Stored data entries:
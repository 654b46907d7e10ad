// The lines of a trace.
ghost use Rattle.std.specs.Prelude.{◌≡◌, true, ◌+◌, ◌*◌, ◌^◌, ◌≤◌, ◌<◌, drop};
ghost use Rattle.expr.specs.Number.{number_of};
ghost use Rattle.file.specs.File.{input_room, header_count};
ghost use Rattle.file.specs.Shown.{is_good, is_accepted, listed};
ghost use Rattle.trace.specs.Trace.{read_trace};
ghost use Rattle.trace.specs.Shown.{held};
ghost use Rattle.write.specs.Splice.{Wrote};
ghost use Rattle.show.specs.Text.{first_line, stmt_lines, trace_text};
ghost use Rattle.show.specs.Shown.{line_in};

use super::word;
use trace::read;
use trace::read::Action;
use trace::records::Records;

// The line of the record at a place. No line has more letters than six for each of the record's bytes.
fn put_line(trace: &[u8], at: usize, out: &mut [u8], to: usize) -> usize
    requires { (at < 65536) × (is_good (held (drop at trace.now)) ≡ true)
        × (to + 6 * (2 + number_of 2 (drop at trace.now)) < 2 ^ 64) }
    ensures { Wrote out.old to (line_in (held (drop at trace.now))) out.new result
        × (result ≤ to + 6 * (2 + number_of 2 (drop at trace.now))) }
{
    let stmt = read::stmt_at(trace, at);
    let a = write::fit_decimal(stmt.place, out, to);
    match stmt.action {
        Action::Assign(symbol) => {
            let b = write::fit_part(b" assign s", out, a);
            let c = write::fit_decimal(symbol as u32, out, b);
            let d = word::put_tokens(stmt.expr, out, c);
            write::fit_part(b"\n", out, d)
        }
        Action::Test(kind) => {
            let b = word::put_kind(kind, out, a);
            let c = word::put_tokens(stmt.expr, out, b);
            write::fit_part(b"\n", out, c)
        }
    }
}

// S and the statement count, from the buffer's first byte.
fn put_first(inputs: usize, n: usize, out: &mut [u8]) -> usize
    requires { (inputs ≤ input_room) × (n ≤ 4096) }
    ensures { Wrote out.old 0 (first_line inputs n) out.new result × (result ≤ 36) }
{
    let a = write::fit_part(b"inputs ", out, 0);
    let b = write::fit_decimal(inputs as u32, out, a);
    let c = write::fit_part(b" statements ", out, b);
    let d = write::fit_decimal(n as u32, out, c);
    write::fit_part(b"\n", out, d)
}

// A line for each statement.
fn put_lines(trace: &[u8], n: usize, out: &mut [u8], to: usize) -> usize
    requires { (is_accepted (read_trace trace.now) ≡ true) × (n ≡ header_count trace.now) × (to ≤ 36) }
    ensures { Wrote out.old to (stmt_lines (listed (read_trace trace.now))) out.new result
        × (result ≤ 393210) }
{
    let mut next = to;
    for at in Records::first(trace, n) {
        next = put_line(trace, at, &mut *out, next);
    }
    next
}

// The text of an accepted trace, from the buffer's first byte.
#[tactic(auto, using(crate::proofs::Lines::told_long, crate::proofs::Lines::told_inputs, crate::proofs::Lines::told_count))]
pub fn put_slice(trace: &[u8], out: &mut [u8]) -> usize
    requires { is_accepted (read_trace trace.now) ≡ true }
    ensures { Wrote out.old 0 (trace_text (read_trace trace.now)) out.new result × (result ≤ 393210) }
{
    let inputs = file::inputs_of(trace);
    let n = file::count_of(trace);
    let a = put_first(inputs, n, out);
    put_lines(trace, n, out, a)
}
* * *
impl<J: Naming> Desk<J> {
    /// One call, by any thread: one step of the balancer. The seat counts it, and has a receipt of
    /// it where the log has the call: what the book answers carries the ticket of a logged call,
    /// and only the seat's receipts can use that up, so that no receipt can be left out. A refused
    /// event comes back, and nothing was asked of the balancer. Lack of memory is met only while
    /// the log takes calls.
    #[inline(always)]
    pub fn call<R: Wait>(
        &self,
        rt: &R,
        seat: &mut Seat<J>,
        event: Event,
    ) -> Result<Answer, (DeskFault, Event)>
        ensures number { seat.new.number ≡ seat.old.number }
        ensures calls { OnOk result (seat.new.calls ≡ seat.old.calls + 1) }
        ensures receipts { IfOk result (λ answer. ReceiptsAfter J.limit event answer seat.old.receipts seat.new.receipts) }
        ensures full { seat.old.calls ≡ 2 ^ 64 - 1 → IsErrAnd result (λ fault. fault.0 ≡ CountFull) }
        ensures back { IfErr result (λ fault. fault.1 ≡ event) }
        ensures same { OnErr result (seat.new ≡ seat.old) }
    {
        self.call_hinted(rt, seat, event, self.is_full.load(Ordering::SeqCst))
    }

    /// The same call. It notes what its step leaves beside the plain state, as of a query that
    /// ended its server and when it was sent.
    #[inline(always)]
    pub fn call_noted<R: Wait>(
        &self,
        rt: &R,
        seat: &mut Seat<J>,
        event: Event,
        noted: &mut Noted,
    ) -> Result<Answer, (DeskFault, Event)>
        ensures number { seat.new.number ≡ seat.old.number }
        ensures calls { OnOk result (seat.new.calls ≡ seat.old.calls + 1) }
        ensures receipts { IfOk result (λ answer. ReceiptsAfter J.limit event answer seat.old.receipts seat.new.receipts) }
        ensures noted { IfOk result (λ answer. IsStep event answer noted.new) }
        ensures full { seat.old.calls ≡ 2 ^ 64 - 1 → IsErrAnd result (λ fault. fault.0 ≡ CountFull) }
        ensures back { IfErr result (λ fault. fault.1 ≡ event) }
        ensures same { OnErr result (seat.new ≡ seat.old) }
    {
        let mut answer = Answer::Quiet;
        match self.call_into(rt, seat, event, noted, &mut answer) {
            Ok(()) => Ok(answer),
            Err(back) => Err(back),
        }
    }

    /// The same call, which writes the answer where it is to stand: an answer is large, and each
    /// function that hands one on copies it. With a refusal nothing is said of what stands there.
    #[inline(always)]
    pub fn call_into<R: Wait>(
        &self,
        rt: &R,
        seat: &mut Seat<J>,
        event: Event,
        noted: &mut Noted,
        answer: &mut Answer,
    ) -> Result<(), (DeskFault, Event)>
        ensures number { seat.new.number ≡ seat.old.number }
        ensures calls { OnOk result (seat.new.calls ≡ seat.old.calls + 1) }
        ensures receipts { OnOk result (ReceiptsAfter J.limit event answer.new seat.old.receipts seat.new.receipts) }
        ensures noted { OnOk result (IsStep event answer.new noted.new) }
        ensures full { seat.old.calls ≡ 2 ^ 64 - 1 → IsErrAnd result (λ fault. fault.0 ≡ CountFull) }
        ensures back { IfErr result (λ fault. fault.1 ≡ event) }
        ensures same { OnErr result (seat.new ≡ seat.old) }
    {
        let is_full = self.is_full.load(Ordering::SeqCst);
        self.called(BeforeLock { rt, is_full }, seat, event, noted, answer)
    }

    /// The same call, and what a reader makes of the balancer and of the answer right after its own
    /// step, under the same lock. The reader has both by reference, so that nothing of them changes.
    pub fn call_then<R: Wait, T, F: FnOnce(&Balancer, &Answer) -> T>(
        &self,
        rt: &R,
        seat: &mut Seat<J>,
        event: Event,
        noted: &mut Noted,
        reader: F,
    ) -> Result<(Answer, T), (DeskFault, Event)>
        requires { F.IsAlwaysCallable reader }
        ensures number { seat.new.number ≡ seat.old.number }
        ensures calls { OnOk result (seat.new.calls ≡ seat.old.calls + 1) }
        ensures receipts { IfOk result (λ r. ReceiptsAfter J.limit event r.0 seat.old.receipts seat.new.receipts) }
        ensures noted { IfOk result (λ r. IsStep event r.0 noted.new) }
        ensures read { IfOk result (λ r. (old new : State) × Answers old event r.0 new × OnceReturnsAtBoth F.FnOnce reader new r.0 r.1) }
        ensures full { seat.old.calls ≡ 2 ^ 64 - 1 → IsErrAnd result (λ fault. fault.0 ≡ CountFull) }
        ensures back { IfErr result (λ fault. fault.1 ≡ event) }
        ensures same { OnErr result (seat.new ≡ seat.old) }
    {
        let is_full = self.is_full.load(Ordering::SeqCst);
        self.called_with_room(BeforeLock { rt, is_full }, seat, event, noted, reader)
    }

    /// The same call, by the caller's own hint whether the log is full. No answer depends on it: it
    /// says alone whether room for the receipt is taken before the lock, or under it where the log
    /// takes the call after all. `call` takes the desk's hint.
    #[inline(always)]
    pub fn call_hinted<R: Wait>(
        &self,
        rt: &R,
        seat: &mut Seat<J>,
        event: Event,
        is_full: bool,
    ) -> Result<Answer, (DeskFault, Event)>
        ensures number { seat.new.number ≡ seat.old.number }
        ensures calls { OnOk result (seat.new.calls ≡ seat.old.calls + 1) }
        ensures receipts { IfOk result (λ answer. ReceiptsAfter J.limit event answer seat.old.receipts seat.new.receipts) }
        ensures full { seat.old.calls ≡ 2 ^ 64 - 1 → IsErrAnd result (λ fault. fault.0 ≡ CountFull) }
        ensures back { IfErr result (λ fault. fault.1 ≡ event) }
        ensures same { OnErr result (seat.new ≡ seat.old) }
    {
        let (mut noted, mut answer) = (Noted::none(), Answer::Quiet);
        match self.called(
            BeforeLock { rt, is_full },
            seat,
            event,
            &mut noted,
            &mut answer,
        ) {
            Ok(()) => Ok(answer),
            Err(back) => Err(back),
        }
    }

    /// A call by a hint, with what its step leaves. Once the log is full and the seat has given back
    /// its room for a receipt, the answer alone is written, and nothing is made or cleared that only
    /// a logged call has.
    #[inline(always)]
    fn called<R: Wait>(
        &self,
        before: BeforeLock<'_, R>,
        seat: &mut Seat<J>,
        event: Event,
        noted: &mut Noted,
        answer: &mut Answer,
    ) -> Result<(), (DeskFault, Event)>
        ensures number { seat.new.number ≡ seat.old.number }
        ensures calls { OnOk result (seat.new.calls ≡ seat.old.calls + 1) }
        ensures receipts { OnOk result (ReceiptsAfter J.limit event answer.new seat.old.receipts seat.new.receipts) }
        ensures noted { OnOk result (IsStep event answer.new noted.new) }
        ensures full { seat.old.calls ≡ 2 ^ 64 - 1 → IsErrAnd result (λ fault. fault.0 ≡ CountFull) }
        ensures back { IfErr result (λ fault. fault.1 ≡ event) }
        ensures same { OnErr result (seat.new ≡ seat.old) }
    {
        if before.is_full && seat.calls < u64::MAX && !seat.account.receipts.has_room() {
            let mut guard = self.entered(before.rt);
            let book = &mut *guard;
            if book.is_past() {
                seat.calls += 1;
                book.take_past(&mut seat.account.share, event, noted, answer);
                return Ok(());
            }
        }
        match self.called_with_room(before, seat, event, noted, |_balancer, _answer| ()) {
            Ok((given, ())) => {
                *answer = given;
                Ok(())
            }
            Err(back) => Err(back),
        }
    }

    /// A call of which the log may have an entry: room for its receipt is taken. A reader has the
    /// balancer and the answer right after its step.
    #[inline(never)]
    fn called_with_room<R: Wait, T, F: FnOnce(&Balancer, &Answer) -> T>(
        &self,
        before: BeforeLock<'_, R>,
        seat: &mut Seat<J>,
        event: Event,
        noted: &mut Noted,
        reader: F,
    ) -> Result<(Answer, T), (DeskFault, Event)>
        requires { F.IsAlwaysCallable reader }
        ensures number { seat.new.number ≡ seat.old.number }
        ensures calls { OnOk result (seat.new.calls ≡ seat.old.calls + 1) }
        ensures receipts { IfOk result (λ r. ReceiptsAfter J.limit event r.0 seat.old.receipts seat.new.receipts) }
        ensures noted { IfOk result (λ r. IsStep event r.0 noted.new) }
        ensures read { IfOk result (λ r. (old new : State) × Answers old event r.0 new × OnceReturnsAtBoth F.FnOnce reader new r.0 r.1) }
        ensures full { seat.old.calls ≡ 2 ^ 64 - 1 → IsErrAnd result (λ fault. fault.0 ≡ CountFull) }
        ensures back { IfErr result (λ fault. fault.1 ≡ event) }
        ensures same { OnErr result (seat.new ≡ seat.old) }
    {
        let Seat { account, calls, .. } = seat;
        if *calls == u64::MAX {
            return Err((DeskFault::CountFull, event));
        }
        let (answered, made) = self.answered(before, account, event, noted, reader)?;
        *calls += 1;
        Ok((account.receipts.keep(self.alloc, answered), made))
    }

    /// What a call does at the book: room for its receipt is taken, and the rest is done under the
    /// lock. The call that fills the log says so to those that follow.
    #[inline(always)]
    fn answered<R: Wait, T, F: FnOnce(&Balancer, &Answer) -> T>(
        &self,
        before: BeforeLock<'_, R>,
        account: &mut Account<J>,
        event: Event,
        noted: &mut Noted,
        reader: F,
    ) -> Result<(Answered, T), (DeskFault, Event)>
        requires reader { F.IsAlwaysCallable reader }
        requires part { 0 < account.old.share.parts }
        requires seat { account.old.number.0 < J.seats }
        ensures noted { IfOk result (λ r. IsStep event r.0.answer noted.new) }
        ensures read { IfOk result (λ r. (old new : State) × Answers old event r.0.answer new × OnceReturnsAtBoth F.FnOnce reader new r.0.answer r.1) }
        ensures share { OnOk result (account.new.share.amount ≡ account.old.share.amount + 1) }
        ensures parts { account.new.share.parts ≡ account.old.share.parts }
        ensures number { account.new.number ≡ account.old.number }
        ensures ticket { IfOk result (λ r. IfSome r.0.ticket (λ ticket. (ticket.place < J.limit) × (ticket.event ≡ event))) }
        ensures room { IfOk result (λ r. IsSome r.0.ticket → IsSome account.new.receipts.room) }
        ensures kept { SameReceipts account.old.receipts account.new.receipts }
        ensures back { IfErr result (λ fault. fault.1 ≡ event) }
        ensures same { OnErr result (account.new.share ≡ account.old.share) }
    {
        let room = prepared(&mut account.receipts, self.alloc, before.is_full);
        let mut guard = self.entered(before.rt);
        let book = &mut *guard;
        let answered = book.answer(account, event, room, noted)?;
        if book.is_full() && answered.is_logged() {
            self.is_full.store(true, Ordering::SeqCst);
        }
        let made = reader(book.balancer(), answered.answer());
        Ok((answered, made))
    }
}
...
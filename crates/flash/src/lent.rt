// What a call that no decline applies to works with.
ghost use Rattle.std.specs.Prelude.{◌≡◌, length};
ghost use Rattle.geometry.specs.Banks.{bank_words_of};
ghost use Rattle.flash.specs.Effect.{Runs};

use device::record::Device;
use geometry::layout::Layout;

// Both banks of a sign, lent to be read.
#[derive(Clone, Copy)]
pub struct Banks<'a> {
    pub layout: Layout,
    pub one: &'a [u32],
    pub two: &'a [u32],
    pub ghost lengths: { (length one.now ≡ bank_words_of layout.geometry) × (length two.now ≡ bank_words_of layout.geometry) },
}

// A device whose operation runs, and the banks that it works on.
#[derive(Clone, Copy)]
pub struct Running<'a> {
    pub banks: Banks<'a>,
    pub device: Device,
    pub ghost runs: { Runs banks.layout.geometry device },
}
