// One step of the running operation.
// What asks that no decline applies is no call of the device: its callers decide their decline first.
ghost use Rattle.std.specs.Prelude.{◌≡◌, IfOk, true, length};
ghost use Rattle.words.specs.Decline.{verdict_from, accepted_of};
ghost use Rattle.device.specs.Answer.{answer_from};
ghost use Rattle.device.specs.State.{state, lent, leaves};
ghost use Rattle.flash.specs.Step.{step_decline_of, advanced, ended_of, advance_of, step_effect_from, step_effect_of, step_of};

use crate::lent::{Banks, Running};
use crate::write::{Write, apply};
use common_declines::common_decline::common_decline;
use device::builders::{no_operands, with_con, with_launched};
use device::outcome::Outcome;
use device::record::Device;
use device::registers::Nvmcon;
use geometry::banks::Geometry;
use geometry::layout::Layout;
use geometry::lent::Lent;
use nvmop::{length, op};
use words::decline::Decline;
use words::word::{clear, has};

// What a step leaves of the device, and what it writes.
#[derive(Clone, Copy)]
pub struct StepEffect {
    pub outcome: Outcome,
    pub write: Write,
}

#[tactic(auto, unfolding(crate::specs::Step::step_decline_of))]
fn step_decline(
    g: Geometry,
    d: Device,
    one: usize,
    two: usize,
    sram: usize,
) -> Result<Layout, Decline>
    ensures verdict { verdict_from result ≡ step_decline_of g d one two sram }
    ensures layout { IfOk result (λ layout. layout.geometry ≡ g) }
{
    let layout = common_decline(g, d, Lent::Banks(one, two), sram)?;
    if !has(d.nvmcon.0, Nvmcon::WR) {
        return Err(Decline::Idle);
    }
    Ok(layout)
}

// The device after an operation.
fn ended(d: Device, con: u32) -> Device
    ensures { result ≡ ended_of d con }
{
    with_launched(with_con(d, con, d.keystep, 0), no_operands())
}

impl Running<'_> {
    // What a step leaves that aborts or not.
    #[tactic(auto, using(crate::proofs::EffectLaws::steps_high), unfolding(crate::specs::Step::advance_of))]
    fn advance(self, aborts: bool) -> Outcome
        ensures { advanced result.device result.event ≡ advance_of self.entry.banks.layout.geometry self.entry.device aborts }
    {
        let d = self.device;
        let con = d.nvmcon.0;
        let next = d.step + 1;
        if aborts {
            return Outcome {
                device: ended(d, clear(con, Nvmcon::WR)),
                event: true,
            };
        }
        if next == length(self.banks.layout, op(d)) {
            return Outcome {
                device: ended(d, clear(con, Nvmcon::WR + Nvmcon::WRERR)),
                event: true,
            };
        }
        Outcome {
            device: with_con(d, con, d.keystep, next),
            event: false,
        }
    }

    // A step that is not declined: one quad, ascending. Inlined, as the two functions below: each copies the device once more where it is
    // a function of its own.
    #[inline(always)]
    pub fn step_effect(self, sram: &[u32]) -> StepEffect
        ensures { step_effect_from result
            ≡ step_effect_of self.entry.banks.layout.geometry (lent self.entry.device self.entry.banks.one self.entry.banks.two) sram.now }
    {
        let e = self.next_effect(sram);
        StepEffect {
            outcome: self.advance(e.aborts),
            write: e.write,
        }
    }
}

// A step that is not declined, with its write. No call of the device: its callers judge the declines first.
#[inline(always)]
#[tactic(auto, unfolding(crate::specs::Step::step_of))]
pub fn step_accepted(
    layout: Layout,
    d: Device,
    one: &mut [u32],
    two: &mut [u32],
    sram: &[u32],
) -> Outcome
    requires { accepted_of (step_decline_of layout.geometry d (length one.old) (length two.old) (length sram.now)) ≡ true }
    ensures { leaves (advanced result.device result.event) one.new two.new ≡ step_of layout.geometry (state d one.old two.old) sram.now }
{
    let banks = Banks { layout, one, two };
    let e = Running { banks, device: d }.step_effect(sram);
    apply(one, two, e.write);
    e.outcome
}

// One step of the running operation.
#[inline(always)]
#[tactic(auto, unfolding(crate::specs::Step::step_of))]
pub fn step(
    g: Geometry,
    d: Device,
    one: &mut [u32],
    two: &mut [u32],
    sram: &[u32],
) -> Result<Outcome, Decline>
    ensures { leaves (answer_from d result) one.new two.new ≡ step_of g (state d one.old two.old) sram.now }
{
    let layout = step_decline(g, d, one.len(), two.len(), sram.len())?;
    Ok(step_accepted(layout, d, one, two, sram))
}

TASK REQUIREMENTS → Look through the entries above and copy each line that has "alone" in it.

RESPONSE AREA →
    /// says alone whether room for the receipt is taken before the lock, or under it where the log
    /// its room for a receipt, the answer alone is written, and nothing is made or cleared that only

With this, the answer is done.